2 egg whites, room temperature
1/8 teaspoon salt
1 1/2 tablespoons cold water
1/2 teaspoon white vinegar, or bottled lemon juice
1/2 teaspoon vanilla
1/2 cup granulated sugar
2 1/2 tablespoons cornstarch
4 cups fresh or frozen berries (raspberries, blackberries, blueberries)*
2 tablespoons packed brown sugar
1/4 cup orange juice
2 teaspoons finely grated orange rind
vanilla ice cream
Preheat oven to 250 F.
All equipment used in beating the meringue must be completely free of oil. Combine egg whites and salt in a glass-mixing bowl. Beat until stiff. Add cold water, vinegar, vanilla and beat. Combine granulated sugar with 1/2-tablespoon cornstarch. Add sugar mixture slowly to egg white mixture, one tablespoon at a time. Beat until very very stiff.

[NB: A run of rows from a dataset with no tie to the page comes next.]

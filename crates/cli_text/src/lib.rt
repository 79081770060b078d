//! What the commands write, apart from how they come to it.
//!
//! [`bind_objects`] is what `bind` writes of a namespace whose objects are all there, or the one reference
//! for which it refuses them. [`dump_text`] is what `dump` writes of an object.
//!
//! Each text is the definition's, byte for byte, or there was no memory for it.
#![tactic(auto)]

mod dump_lines;
mod lines;
mod objects;
mod references;
mod refusal;

pub use dump_lines::dump_text;
pub use objects::{Binding, bind_objects};
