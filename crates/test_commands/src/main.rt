//! Runs the examples of the commands, and says which of them don't hold.
//!
//! The examples stand in plain files, which the words of the program name: docs/TESTING.md says how
//! to write one. Each is a command over files in memory, with the text that it has to write, and is
//! run through the top call, `ldso_cli::ldso`. For each file one line says that all its examples hold,
//! or how many do; each that doesn't is shown before it, with the text that it gives.
#![tactic(auto)]

mod book;
mod command;
mod layout;
mod numbers;
mod wanted;

use book::Book;
use std::{env, io};
use test_file::text_at;

fn main(rt: HostRuntime) -> io::Result<()> {
    for path in env::args(&rt)?.skip(1) {
        let text = match text_at(&rt, rt.alloc(), path.as_str())? {
            Some(text) => Book::new(rt.alloc(), path.as_str())?.read(&rt, text.as_str())?,
            None => format!(in rt.alloc(); "{path}: can't be read\n")?,
        };
        print!(rt; "{text}")?;
    }
    Ok(())
}
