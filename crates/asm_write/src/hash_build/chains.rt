//! The first symbol of each bucket, and from each symbol the next of its bucket.

ghost use Rattle.std.specs.Prelude.{◌≡◌, ◌+◌, ◌<◌, IfOk, replicate};
ghost use Rattle.asm_write.specs.HashBuild.Hashed.{word, buckets_of, links_of};

use std::alloc::{AllocError, Global};

/// Buckets and links of some symbols.
#[derive(Drop)]
pub(crate) struct Chains {
    /// The first symbol of each bucket.
    pub buckets: Vec<u32>,
    /// The next symbol of each one's bucket.
    pub links: Vec<u32>,
}

/// The index of a symbol, as a word has it.
fn symbol(first: u32, at: usize) -> u32
    ensures { result ≡ word (first + at) }
{
    ((u128::from(first) + at as u128) % 0x1_0000_0000) as u32
}

/// So many zeros.
fn zeros(alloc: Global, count: usize) -> Result<Vec<u32>, AllocError>
    ensures { IfOk result (λ zeros. zeros.items ≡ replicate count 0) }
{
    vec![in alloc; 0; count]
}

impl Chains {
    ghost use Rattle.std.specs.Prelude.{◌≡◌, ◌+◌, ◌<◌, ◌%◌, length, slice_index, slice_set};
    ghost use Rattle.asm_write.specs.HashBuild.Hashed.{word};

    /// Puts a symbol before the others of its bucket.
    fn add(&mut self, first: u32, at: usize, hash: u32)
        requires some { 0 < length self.old.buckets.items }
        requires within { at < length self.old.links.items }
        ensures buckets { self.new.buckets.items
            ≡ slice_set self.old.buckets.items (hash % length self.old.buckets.items) (word (first + at)) }
        ensures links { self.new.links.items
            ≡ slice_set self.old.links.items at (slice_index self.old.buckets.items (hash % length self.old.buckets.items)) }
    {
        let bucket = hash as usize % self.buckets.len();
        self.links[at] = self.buckets[bucket];
        self.buckets[bucket] = symbol(first, at);
    }
}

/// The chains of symbols with these hashes, the first of which has this index.
pub(crate) fn chains_of(
    alloc: Global,
    first: u32,
    count: usize,
    hashes: &[u32],
) -> Result<Chains, AllocError>
    requires { 0 < count }
    ensures buckets { IfOk result (λ chains. chains.buckets.items ≡ buckets_of first count hashes.now) }
    ensures links { IfOk result (λ chains. chains.links.items ≡ links_of first count hashes.now) }
{
    let mut chains = Chains {
        buckets: zeros(alloc, count)?,
        links: zeros(alloc, hashes.len())?,
    };
    for at in (0..hashes.len()).rev() {
        chains.add(first, at, hashes[at]);
    }
    Ok(chains)
}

Draw 6 circles (about 4 inches in diameter) on baking parchment paper or brown paper. Place parchment on cookie sheet. Spoon meringue onto each circle and, using the back of a spoon, spread meringue to fill each circle while creating a bowl shape. Bake at 2500 F for 1 hour. Turn off oven and allow meringues to cool in the oven. When oven is completely cool, remove meringues and store until ready to use
Pre-heat oven to 350 F.
If using frozen berries do not completely thaw. Combine brown sugar, 2-tablespoons cornstarch, orange juice and rind. Toss with berries. Spoon berry mixture into meringue bowls. Bake for 10-12 minutes or until bubbly.
Serve warm with a scoop of vanilla ice cream. Serves 6.